▸ **WORK TO COMPLETE**
In the entries below, find the lines that contain the word "offset" and copy them.

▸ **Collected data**

====

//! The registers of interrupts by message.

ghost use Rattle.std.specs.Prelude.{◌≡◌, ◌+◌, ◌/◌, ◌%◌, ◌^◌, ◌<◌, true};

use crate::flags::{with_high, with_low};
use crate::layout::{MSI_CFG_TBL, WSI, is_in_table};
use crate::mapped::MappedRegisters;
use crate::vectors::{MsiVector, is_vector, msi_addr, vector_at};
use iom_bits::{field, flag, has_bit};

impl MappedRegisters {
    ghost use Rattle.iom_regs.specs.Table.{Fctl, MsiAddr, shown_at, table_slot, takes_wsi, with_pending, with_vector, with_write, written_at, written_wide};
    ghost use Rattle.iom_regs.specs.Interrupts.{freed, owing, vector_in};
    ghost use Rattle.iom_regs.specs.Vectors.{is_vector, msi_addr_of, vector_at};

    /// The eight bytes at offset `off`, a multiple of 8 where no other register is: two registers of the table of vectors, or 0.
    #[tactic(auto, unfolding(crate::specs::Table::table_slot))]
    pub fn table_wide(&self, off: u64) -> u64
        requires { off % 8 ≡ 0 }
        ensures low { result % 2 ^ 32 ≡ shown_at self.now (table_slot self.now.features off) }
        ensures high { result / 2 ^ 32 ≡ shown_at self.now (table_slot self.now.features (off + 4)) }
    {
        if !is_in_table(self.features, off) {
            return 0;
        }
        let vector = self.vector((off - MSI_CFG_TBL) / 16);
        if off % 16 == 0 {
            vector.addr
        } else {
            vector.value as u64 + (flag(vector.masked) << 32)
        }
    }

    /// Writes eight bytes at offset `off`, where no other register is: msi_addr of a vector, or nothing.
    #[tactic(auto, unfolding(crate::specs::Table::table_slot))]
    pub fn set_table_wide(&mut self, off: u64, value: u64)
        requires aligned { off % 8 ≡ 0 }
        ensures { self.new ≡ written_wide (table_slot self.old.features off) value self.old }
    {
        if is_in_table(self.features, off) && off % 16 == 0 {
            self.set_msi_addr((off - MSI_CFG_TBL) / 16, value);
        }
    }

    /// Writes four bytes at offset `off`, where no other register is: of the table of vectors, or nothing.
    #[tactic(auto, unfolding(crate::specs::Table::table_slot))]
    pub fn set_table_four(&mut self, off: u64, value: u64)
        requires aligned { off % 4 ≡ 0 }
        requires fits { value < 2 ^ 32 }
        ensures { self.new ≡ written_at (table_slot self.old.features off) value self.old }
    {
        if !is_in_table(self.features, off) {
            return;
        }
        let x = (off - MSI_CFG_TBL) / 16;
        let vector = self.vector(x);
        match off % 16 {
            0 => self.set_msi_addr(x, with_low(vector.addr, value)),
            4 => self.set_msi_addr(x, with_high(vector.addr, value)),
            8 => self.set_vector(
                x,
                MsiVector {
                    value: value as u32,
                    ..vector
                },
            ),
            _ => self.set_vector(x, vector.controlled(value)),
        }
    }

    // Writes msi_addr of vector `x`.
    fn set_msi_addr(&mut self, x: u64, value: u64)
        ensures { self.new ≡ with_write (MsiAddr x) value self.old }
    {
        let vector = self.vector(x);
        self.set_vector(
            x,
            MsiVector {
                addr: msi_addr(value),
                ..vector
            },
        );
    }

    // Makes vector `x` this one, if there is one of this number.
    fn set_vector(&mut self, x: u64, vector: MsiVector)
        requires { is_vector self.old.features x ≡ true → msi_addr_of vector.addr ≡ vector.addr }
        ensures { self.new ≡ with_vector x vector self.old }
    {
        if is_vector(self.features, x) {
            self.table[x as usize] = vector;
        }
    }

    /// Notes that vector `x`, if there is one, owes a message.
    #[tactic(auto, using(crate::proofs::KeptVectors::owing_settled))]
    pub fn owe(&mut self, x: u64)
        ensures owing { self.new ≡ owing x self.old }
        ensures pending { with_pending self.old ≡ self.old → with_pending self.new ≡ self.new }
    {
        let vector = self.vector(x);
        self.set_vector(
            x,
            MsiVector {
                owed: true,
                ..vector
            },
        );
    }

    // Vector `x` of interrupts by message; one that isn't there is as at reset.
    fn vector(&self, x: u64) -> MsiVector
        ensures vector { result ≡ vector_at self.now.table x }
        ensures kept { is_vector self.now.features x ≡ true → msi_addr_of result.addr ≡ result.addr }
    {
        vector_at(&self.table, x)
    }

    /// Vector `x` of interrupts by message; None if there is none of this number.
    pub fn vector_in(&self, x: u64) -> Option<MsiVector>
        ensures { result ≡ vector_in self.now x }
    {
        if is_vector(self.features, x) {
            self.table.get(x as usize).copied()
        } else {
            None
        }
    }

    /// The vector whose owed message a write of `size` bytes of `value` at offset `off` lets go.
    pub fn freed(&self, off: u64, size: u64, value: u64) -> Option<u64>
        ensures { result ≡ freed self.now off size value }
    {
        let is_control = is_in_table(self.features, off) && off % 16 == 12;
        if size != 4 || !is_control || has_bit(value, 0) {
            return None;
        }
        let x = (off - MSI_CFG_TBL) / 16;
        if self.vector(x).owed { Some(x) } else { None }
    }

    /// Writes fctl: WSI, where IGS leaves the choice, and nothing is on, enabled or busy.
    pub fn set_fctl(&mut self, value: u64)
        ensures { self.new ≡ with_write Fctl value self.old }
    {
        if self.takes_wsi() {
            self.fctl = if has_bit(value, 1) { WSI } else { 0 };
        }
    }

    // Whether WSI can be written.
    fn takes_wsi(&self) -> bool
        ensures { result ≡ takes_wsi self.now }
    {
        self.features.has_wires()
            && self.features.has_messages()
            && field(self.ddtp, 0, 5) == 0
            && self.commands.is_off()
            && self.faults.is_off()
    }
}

====

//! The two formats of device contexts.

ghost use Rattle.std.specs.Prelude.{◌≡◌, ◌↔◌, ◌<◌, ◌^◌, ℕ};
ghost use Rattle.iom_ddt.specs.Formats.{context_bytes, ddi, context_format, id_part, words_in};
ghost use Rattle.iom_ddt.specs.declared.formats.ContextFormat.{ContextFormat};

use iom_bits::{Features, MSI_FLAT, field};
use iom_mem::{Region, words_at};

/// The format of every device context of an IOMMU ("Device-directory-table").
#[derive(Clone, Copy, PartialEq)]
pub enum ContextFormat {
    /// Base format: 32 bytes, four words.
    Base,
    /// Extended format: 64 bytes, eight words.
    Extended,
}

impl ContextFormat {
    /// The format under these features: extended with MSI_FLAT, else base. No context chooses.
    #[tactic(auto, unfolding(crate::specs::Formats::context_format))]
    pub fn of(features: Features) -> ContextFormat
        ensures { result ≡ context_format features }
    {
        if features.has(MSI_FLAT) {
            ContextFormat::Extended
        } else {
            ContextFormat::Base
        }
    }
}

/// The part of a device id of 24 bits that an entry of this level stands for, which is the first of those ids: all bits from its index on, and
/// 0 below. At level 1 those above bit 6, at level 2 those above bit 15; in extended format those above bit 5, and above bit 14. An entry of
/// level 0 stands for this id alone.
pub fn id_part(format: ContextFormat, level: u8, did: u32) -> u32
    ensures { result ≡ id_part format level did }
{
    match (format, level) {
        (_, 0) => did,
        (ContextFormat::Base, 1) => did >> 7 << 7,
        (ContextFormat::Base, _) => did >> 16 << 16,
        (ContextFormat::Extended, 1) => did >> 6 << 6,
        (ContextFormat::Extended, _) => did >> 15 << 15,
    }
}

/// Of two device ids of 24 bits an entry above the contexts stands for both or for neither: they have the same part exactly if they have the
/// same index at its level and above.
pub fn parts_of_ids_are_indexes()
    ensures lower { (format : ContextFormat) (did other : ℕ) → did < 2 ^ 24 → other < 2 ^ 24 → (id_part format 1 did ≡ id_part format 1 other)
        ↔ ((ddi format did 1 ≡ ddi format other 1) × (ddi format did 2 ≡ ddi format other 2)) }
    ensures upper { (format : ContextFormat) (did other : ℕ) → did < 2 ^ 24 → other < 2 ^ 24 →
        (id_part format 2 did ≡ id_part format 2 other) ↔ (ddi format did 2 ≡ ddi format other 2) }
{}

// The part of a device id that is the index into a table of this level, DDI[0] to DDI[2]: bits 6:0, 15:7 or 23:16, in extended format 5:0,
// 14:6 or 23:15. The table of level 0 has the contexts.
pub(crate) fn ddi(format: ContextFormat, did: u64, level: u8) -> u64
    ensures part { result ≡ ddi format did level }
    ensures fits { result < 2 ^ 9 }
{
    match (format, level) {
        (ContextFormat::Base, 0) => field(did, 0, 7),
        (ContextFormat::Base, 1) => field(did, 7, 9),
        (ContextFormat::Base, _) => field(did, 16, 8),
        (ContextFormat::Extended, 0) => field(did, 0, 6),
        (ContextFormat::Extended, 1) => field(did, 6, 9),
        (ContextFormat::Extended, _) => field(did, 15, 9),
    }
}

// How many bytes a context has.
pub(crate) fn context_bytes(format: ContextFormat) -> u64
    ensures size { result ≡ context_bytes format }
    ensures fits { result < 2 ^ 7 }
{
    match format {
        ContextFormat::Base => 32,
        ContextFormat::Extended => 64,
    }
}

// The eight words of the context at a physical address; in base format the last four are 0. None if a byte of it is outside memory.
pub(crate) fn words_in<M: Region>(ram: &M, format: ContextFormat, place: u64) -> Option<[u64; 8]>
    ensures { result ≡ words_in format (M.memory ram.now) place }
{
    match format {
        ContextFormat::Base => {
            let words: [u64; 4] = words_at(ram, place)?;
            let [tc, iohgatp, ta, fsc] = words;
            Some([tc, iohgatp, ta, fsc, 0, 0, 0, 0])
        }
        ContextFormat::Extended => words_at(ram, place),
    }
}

====

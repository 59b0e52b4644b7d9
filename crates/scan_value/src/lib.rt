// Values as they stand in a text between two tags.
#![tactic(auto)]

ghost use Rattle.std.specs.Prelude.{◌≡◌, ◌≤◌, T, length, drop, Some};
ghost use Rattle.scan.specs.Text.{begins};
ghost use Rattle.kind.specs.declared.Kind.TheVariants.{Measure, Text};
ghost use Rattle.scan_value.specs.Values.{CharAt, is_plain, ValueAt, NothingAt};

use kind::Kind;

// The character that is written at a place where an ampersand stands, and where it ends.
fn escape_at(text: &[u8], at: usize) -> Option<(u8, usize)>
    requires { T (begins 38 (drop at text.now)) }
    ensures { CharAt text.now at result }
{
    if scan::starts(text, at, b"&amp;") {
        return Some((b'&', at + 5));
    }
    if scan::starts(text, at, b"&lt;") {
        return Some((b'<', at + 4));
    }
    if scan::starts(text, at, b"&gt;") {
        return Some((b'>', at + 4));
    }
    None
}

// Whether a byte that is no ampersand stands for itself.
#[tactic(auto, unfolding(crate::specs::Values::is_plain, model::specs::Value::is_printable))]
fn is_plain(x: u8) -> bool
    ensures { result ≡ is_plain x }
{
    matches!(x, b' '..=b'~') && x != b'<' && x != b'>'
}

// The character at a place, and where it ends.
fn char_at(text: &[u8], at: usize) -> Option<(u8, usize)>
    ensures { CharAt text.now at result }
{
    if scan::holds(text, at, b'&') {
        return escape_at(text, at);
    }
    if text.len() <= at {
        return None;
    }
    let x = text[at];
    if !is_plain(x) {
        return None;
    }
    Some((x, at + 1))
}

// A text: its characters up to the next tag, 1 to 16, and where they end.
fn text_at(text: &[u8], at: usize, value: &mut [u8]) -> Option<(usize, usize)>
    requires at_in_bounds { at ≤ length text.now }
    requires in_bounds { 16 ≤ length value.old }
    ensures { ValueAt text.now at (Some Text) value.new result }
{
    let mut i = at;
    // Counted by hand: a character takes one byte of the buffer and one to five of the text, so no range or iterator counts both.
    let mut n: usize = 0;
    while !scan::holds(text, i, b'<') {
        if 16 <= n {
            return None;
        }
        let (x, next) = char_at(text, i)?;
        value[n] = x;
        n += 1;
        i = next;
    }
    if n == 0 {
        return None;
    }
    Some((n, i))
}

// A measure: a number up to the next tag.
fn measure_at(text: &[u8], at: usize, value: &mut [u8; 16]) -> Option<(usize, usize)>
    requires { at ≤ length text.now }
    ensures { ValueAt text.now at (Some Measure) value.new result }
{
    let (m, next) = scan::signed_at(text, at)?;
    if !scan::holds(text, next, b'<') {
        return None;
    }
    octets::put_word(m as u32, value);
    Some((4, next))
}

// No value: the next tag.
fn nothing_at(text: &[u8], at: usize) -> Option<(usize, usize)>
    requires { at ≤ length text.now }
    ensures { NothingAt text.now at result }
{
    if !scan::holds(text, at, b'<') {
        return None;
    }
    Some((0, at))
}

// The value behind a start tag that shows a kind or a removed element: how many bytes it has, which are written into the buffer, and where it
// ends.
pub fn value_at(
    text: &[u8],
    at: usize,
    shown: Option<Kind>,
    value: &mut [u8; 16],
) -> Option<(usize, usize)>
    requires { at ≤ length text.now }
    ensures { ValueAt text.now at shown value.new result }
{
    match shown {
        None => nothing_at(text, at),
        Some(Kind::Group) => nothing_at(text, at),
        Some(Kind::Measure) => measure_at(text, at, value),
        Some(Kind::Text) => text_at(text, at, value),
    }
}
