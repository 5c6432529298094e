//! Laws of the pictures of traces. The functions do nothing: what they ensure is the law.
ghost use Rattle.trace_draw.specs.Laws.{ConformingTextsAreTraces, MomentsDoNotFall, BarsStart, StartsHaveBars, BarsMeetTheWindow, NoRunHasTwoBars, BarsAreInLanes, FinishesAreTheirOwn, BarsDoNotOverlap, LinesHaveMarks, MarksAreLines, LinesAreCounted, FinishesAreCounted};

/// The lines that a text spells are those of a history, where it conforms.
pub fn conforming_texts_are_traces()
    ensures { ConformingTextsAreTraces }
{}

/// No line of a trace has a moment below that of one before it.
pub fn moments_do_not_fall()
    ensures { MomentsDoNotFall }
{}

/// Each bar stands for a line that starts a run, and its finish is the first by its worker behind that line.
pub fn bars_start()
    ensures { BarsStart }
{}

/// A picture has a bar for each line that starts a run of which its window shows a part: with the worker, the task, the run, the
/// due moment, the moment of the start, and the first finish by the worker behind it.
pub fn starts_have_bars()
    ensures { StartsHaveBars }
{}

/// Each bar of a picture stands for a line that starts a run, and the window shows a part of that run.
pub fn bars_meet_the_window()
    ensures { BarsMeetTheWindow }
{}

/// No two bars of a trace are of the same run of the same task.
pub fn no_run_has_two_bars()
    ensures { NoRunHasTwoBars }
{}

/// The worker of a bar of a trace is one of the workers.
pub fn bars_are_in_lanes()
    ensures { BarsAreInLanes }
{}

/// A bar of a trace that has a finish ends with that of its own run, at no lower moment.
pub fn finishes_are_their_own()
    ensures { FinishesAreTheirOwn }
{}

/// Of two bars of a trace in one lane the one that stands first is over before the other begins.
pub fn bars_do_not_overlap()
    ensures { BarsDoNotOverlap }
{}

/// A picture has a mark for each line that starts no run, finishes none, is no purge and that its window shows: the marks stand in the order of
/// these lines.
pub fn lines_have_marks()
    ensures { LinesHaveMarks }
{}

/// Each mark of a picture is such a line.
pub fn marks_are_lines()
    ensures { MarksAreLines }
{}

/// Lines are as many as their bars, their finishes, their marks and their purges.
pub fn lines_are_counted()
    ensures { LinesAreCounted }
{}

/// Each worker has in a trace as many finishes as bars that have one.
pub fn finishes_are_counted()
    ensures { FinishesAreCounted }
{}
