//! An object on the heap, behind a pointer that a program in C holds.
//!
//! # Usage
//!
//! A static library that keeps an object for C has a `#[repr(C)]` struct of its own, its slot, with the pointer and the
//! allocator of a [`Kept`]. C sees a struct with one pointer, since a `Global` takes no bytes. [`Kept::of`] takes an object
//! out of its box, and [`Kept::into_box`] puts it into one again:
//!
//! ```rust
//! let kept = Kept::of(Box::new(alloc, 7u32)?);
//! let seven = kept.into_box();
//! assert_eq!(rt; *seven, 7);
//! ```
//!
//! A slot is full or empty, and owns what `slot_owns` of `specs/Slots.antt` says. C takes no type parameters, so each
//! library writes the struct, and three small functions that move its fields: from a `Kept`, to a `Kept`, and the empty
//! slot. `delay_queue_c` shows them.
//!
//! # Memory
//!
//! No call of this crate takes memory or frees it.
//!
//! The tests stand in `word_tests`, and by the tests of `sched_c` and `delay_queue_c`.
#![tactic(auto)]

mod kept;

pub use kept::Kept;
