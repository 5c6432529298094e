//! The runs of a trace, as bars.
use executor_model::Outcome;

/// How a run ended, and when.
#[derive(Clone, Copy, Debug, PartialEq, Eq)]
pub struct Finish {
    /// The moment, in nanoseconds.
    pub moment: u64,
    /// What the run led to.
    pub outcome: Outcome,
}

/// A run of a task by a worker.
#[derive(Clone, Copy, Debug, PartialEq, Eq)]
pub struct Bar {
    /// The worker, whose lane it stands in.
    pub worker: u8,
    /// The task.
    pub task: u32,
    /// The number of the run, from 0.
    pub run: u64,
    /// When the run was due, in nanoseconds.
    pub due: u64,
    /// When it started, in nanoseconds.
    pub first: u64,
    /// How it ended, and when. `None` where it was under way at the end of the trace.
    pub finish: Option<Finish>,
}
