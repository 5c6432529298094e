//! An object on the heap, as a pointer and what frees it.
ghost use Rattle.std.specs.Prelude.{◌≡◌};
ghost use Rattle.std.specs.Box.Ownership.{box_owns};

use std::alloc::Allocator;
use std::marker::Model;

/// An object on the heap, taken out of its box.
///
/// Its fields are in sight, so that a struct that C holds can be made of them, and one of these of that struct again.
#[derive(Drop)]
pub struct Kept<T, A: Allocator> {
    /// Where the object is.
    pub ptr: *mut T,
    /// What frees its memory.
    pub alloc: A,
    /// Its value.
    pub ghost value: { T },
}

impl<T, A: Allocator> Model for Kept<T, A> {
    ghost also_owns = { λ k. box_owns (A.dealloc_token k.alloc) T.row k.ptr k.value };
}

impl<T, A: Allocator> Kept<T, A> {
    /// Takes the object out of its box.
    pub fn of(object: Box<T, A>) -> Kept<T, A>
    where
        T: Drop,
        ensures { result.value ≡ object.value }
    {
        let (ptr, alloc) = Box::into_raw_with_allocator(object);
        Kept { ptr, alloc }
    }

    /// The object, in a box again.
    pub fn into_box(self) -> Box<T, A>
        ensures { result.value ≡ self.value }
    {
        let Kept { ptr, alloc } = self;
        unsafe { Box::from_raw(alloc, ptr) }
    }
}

====

▸ **REPLY TO THE EXERCISE**
    /// The eight bytes at offset `off`, a multiple of 8 where no other register is: two registers of the table of vectors, or 0.
    /// Writes eight bytes at offset `off`, where no other register is: msi_addr of a vector, or nothing.
    /// Writes four bytes at offset `off`, where no other register is: of the table of vectors, or nothing.
    /// The vector whose owed message a write of `size` bytes of `value` at offset `off` lets go.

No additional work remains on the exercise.